Ashtiani was first convicted in May 2006 of having an "illicit relationship" with two men after the death of her husband and was sentenced to 99 lashes.  Later that year, she was convicted of adultery and sentenced to be stoned, even though she retracted a confession that she said was made under duress.  Ashtiani also has been convicted of involvement in the death of her husband, whom Iranian prosecutors say was murdered.

Last month, Iran suspended the stoning sentence temporarily after international outrage over the brutality of the punishment.  But an Iranian TV broadcast Ashtiani's alleged confession late Wednesday, in which she admitted to a sexual affair.  She described in her native Azeri dialect, which was translated in Farsi, how she and her lover killed her husband.

Ashtiani said she had an affair with a man who was her cousin and who made many promises to her before then killing her husband.  She added that he came to her home with everything needed for the murder, including electrical wire.  She noted that when she was in prison, she learned he had killed several other people.

The woman in the interview had much of her face covered by a wide, black veil.  And Iranian television blurred most of her image, making it impossible to verify the woman's identity.

Iran's Channel 2 broadcast the interview as part of a documentary it says was meant to "debunk Western media propaganda."  The program ridiculed Western TV networks for coming to the Ashtiani's defense.  Iranian TV also interviewed Malek Ajdar Sharifi, the judiciary chief of Azerbaijan province, who made the case for Ashtiani's guilt.

Sharifi said that Ashtiani injected something into her husband to make him lose consciousness before her lover electrocuted him.  Sharifi argued that the act was premeditated because Ashtiani sent her children to her mother's house before the murder.

The International Committee Against Stoning condemned the documentary, calling it propaganda.  Iran analysts said it follows a pattern of forced confessions.
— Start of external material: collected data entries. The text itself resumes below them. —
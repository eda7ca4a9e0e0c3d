// The syntax tree of a source (manual 8, the complete syntax).
ghost use Rattle.std.specs.Prelude.{◌≡◌, [], ◌∷◌, ◌++◌, OnOk, OnErr};
ghost use Rattle.lua_tree.specs.Syntax.{no_statements, statement as one_statement, no_expressions, expression as one_expression, no_branches, no_fields};
ghost use Rattle.lua_tree.specs.View.{view_block, view_statement, view_exps, view_exp, view_arms, view_arm, view_items, view_item};
ghost use Rattle.lua_tree.specs.TreeLists.{statements_of, branches_of, expressions_of, fields_of};
ghost use Rattle.lua_tree.specs.Joins.{join_statements, join_expressions, join_branches, join_fields};
ghost use Rattle.lua_tree.specs.declared.tree.Block.{out-Block};
ghost use Rattle.lua_tree.specs.declared.tree.Exps.{out-Exps};
ghost use Rattle.lua_tree.specs.declared.tree.Arms.{out-Arms};
ghost use Rattle.lua_tree.specs.declared.tree.Items.{out-Items};

use lua_num::{ByteText, Names};
use std::alloc::{AllocError, Global};

/// A whole source: its main chunk, and the line on which it ends.
#[derive(Drop)]
pub struct Tree {
    pub body: Block,
    pub last_line: u32,
}

/// A list of statements.
#[cycle(tree)]
#[derive(Drop)]
pub struct Block {
    stats: Vec<Stat>,
}

/// A list of expressions.
#[cycle(tree)]
#[derive(Drop)]
pub struct Exps {
    exps: Vec<Exp>,
}

/// The arms of an `if`.
#[cycle(tree)]
#[derive(Drop)]
pub struct Arms {
    arms: Vec<Arm>,
}

/// The items of a constructor.
#[cycle(tree)]
#[derive(Drop)]
pub struct Items {
    items: Vec<Item>,
}

/// A statement, with the line of its first token.
#[cycle(tree)]
#[derive(Drop)]
pub struct Stat {
    pub line: u32,
    /// Whether a semicolon follows.
    pub semi: bool,
    pub kind: StatKind,
}

/// What a statement is.
#[cycle(tree)]
#[derive(Drop)]
pub enum StatKind {
    Assign {
        targets: Exps,
        exps: Exps,
    },
    Call(Exp),
    Do(Block),
    While {
        cond: Exp,
        body: Block,
    },
    Repeat {
        body: Block,
        cond: Exp,
    },
    If {
        arms: Arms,
        last: Option<Block>,
    },
    NumFor {
        name: ByteText,
        from: Exp,
        to: Exp,
        step: Option<Exp>,
        body: Block,
    },
    GenFor {
        names: Names,
        exps: Exps,
        body: Block,
    },
    Function {
        path: Names,
        method: Option<ByteText>,
        body: Body,
    },
    LocalFunction {
        name: ByteText,
        body: Body,
    },
    Local {
        names: Names,
        exps: Exps,
    },
    Return(Exps),
    Break,
}

/// An arm of an `if`: a condition, and what is done where it holds.
#[cycle(tree)]
#[derive(Drop)]
pub struct Arm {
    pub cond: Exp,
    pub body: Block,
}

/// A function's parameters and block, with the lines of its `function` and its `end`.
#[cycle(tree)]
#[derive(Drop)]
pub struct Body {
    pub params: Names,
    pub vararg: bool,
    pub block: Block,
    pub first_line: u32,
    pub last_line: u32,
}

/// An expression. Its line is its operator's for a binary one, that of the first token of the
/// arguments for a call, that of `[` or `.` for an index or a field, else its first token's.
#[cycle(tree)]
#[derive(Drop)]
pub struct Exp {
    pub line: u32,
    pub kind: ExpKind,
}

/// What an expression is. `on_line` is the line of the token before the arguments of a call.
#[cycle(tree)]
#[derive(Drop)]
pub enum ExpKind {
    Nil,
    True,
    False,
    Number(i64),
    Text(ByteText),
    Vararg,
    Function(Body),
    Name(ByteText),
    Index {
        on: Box<Exp>,
        key: Box<Exp>,
    },
    Field {
        on: Box<Exp>,
        name: ByteText,
    },
    Call {
        on: Box<Exp>,
        args: Args,
        on_line: u32,
    },
    Method {
        on: Box<Exp>,
        name: ByteText,
        args: Args,
        on_line: u32,
    },
    And(Box<Exp>, Box<Exp>),
    Or(Box<Exp>, Box<Exp>),
    Binary {
        op: BinaryOp,
        left: Box<Exp>,
        right: Box<Exp>,
    },
    Unary {
        op: UnaryOp,
        of: Box<Exp>,
    },
    Table(Items),
    Paren(Box<Exp>),
}

/// The arguments of a call: a list in parentheses, a string, or a constructor.
#[cycle(tree)]
#[derive(Drop)]
pub enum Args {
    List(Exps),
    Text(ByteText),
    Table(Items),
}

/// An item of a constructor, and what separates it from the next.
#[cycle(tree)]
#[derive(Drop)]
pub struct Item {
    pub kind: ItemKind,
    pub sep: Separator,
}

/// What an item is.
#[cycle(tree)]
#[derive(Drop)]
pub enum ItemKind {
    Positional(Exp),
    Named(ByteText, Exp),
    Keyed(Exp, Exp),
}

/// What follows an item.
#[derive(Clone, Copy, Debug, PartialEq, Eq)]
pub enum Separator {
    Comma,
    Semicolon,
    Missing,
}

/// The binary operators but `and` and `or`.
#[derive(Clone, Copy, Debug, PartialEq, Eq)]
pub enum BinaryOp {
    Add,
    Sub,
    Mul,
    Div,
    Rem,
    Pow,
    Concat,
    Eq,
    Ne,
    Lt,
    Le,
    Gt,
    Ge,
}

/// The unary operators.
#[derive(Clone, Copy, Debug, PartialEq, Eq)]
pub enum UnaryOp {
    Neg,
    Not,
    Len,
}

impl Block {
    /// No statements, which takes no memory.
    pub fn new(alloc: Global) -> Self
        ensures items { (out-Block result).stats.items ≡ [] }
        ensures view { view_block result ≡ no_statements }
    {
        Self::empty(alloc)
    }

    /// Appends a statement.
    pub fn push(&mut self, statement: Stat) -> Result<(), AllocError>
        ensures ok { OnOk result ((out-Block self.new).stats.items ≡ (out-Block self.old).stats.items ++ statement ∷ []) }
        ensures view { OnOk result (view_block self.new ≡ join_statements (view_block self.old) (one_statement statement.line statement.semi (view_statement statement.kind) no_statements)) }
        ensures err { OnErr result ((out-Block self.new).stats.items ≡ (out-Block self.old).stats.items) }
        ensures err_view { OnErr result (view_block self.new ≡ view_block self.old) }
    {
        self.append(statement)
    }

    fn empty(alloc: Global) -> Self
        ensures { (out-Block result).stats.items ≡ [] }
    {
        Self {
            stats: Vec::new(alloc),
        }
    }

    fn append(&mut self, statement: Stat) -> Result<(), AllocError>
        ensures ok { OnOk result ((out-Block self.new).stats.items ≡ (out-Block self.old).stats.items ++ statement ∷ []) }
        ensures err { OnErr result ((out-Block self.new).stats.items ≡ (out-Block self.old).stats.items) }
    {
        if self.stats.is_empty() {
            self.stats.reserve_exact(1)?;
        }
        self.stats.push(statement)?;
        Ok(())
    }

    /// The statements.
    pub fn items(&self) -> &[Stat]
        ensures items { result.now ≡ (out-Block self.now).stats.items }
        ensures view { view_block self.now ≡ statements_of result.now }
    {
        self.stats.as_slice()
    }

    /// The statements of a `Vec`, which takes no memory.
    pub fn from_vec(stats: Vec<Stat>) -> Self
        ensures items { (out-Block result).stats.items ≡ stats.items }
        ensures view { view_block result ≡ statements_of stats.items }
    {
        Self::hold(stats)
    }

    /// The statements as a `Vec`, given back without taking memory.
    pub fn into_vec(self) -> Vec<Stat>
        ensures items { result.items ≡ (out-Block self).stats.items }
        ensures view { statements_of result.items ≡ view_block self }
    {
        self.give()
    }

    fn hold(stats: Vec<Stat>) -> Self
        ensures { (out-Block result).stats.items ≡ stats.items }
    {
        Self { stats }
    }

    fn give(self) -> Vec<Stat>
        ensures { result.items ≡ (out-Block self).stats.items }
    {
        self.stats
    }
}

impl Exps {
    /// No expressions, which takes no memory.
    pub fn new(alloc: Global) -> Self
        ensures items { (out-Exps result).exps.items ≡ [] }
        ensures view { view_exps result ≡ no_expressions }
    {
        Self::empty(alloc)
    }

    /// Appends an expression.
    pub fn push(&mut self, expression: Exp) -> Result<(), AllocError>
        ensures ok { OnOk result ((out-Exps self.new).exps.items ≡ (out-Exps self.old).exps.items ++ expression ∷ []) }
        ensures view { OnOk result (view_exps self.new ≡ join_expressions (view_exps self.old) (one_expression (view_exp expression) no_expressions)) }
        ensures err { OnErr result ((out-Exps self.new).exps.items ≡ (out-Exps self.old).exps.items) }
        ensures err_view { OnErr result (view_exps self.new ≡ view_exps self.old) }
    {
        self.append(expression)
    }

    fn empty(alloc: Global) -> Self
        ensures { (out-Exps result).exps.items ≡ [] }
    {
        Self {
            exps: Vec::new(alloc),
        }
    }

    fn append(&mut self, expression: Exp) -> Result<(), AllocError>
        ensures ok { OnOk result ((out-Exps self.new).exps.items ≡ (out-Exps self.old).exps.items ++ expression ∷ []) }
        ensures err { OnErr result ((out-Exps self.new).exps.items ≡ (out-Exps self.old).exps.items) }
    {
        if self.exps.is_empty() {
            self.exps.reserve_exact(1)?;
        }
        self.exps.push(expression)?;
        Ok(())
    }

    /// The expressions.
    pub fn items(&self) -> &[Exp]
        ensures items { result.now ≡ (out-Exps self.now).exps.items }
        ensures view { view_exps self.now ≡ expressions_of result.now }
    {
        self.exps.as_slice()
    }

    /// The expressions of a `Vec`, which takes no memory.
    pub fn from_vec(exps: Vec<Exp>) -> Self
        ensures items { (out-Exps result).exps.items ≡ exps.items }
        ensures view { view_exps result ≡ expressions_of exps.items }
    {
        Self::hold(exps)
    }

    /// The expressions as a `Vec`, given back without taking memory.
    pub fn into_vec(self) -> Vec<Exp>
        ensures items { result.items ≡ (out-Exps self).exps.items }
        ensures view { expressions_of result.items ≡ view_exps self }
    {
        self.give()
    }

    fn hold(exps: Vec<Exp>) -> Self
        ensures { (out-Exps result).exps.items ≡ exps.items }
    {
        Self { exps }
    }

    fn give(self) -> Vec<Exp>
        ensures { result.items ≡ (out-Exps self).exps.items }
    {
        self.exps
    }
}

impl Arms {
    /// No arms, which takes no memory.
    pub fn new(alloc: Global) -> Self
        ensures items { (out-Arms result).arms.items ≡ [] }
        ensures view { view_arms result ≡ no_branches }
    {
        Self::empty(alloc)
    }

    /// Appends an arm.
    pub fn push(&mut self, arm: Arm) -> Result<(), AllocError>
        ensures ok { OnOk result ((out-Arms self.new).arms.items ≡ (out-Arms self.old).arms.items ++ arm ∷ []) }
        ensures view { OnOk result (view_arms self.new ≡ join_branches (view_arms self.old) (view_arm arm no_branches)) }
        ensures err { OnErr result ((out-Arms self.new).arms.items ≡ (out-Arms self.old).arms.items) }
        ensures err_view { OnErr result (view_arms self.new ≡ view_arms self.old) }
    {
        self.append(arm)
    }

    fn empty(alloc: Global) -> Self
        ensures { (out-Arms result).arms.items ≡ [] }
    {
        Self {
            arms: Vec::new(alloc),
        }
    }

    fn append(&mut self, arm: Arm) -> Result<(), AllocError>
        ensures ok { OnOk result ((out-Arms self.new).arms.items ≡ (out-Arms self.old).arms.items ++ arm ∷ []) }
        ensures err { OnErr result ((out-Arms self.new).arms.items ≡ (out-Arms self.old).arms.items) }
    {
        if self.arms.is_empty() {
            self.arms.reserve_exact(1)?;
        }
        self.arms.push(arm)?;
        Ok(())
    }

    /// The arms.
    pub fn items(&self) -> &[Arm]
        ensures items { result.now ≡ (out-Arms self.now).arms.items }
        ensures view { view_arms self.now ≡ branches_of result.now }
    {
        self.arms.as_slice()
    }

    /// The arms of a `Vec`, which takes no memory.
    pub fn from_vec(arms: Vec<Arm>) -> Self
        ensures items { (out-Arms result).arms.items ≡ arms.items }
        ensures view { view_arms result ≡ branches_of arms.items }
    {
        Self::hold(arms)
    }

    /// The arms as a `Vec`, given back without taking memory.
    pub fn into_vec(self) -> Vec<Arm>
        ensures items { result.items ≡ (out-Arms self).arms.items }
        ensures view { branches_of result.items ≡ view_arms self }
    {
        self.give()
    }

    fn hold(arms: Vec<Arm>) -> Self
        ensures { (out-Arms result).arms.items ≡ arms.items }
    {
        Self { arms }
    }

    fn give(self) -> Vec<Arm>
        ensures { result.items ≡ (out-Arms self).arms.items }
    {
        self.arms
    }
}

impl Items {
    /// No items, which takes no memory.
    pub fn new(alloc: Global) -> Self
        ensures items { (out-Items result).items.items ≡ [] }
        ensures view { view_items result ≡ no_fields }
    {
        Self::empty(alloc)
    }

    /// Appends an item.
    pub fn push(&mut self, item: Item) -> Result<(), AllocError>
        ensures ok { OnOk result ((out-Items self.new).items.items ≡ (out-Items self.old).items.items ++ item ∷ []) }
        ensures view { OnOk result (view_items self.new ≡ join_fields (view_items self.old) (view_item item.kind item.sep no_fields)) }
        ensures err { OnErr result ((out-Items self.new).items.items ≡ (out-Items self.old).items.items) }
        ensures err_view { OnErr result (view_items self.new ≡ view_items self.old) }
    {
        self.append(item)
    }

    fn empty(alloc: Global) -> Self
        ensures { (out-Items result).items.items ≡ [] }
    {
        Self {
            items: Vec::new(alloc),
        }
    }

    fn append(&mut self, item: Item) -> Result<(), AllocError>
        ensures ok { OnOk result ((out-Items self.new).items.items ≡ (out-Items self.old).items.items ++ item ∷ []) }
        ensures err { OnErr result ((out-Items self.new).items.items ≡ (out-Items self.old).items.items) }
    {
        if self.items.is_empty() {
            self.items.reserve_exact(1)?;
        }
        self.items.push(item)?;
        Ok(())
    }

    /// The items.
    pub fn items(&self) -> &[Item]
        ensures items { result.now ≡ (out-Items self.now).items.items }
        ensures view { view_items self.now ≡ fields_of result.now }
    {
        self.items.as_slice()
    }

    /// The items of a `Vec`, which takes no memory.
    pub fn from_vec(items: Vec<Item>) -> Self
        ensures items { (out-Items result).items.items ≡ items.items }
        ensures view { view_items result ≡ fields_of items.items }
    {
        Self::hold(items)
    }

    /// The items as a `Vec`, given back without taking memory.
    pub fn into_vec(self) -> Vec<Item>
        ensures items { result.items ≡ (out-Items self).items.items }
        ensures view { fields_of result.items ≡ view_items self }
    {
        self.give()
    }

    fn hold(items: Vec<Item>) -> Self
        ensures { (out-Items result).items.items ≡ items.items }
    {
        Self { items }
    }

    fn give(self) -> Vec<Item>
        ensures { result.items ≡ (out-Items self).items.items }
    {
        self.items
    }
}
Ali Nourizadeh of the Center for Arab and Iranian Studies in London notes that Ashtiani had insisted previously that Iranian authorities coerced her into confessing.

"She's not in a position to be able to speak freely," said Nourizadeh.  "Therefore, whatever is dictated to her, she's going to repeat.  There is also a confession - a full confession - of adultery and participation in the killing of her husband taken from her in prison, when she was arrested.  But she later denied that this confession is true."

Nourizadeh adds that Iranian TV tried to ridicule Ashtiani's attorney, Mohammad Mostafaei, who recently has sought refuge outside of Iran, after coming under pressure for his defense of civil rights cases in Iran.

Political scientist Houchang Hassan-Yari, of the Royal Military College of Canada, says the most unbelievable part of the TV interview was that Ashtiani asked to be stoned after allegedly confessing her guilt.

"She actually asked to be stoned by saying she had to be stoned because of what she did," said Hassan-Yari.  "Also, she had to attack her lawyer by saying that he's a traitor - he did not defend her case, but he was tarnishing the image of the Islamic Republic."

Stoning was widely imposed in Iran after the 1979 Islamic Revolution.  Even though the country's judiciary regularly hands down such sentences, they often are commuted to other punishments.  The last known stoning in Iran was carried out in 2007, although the government rarely confirms that such punishments have been enforced.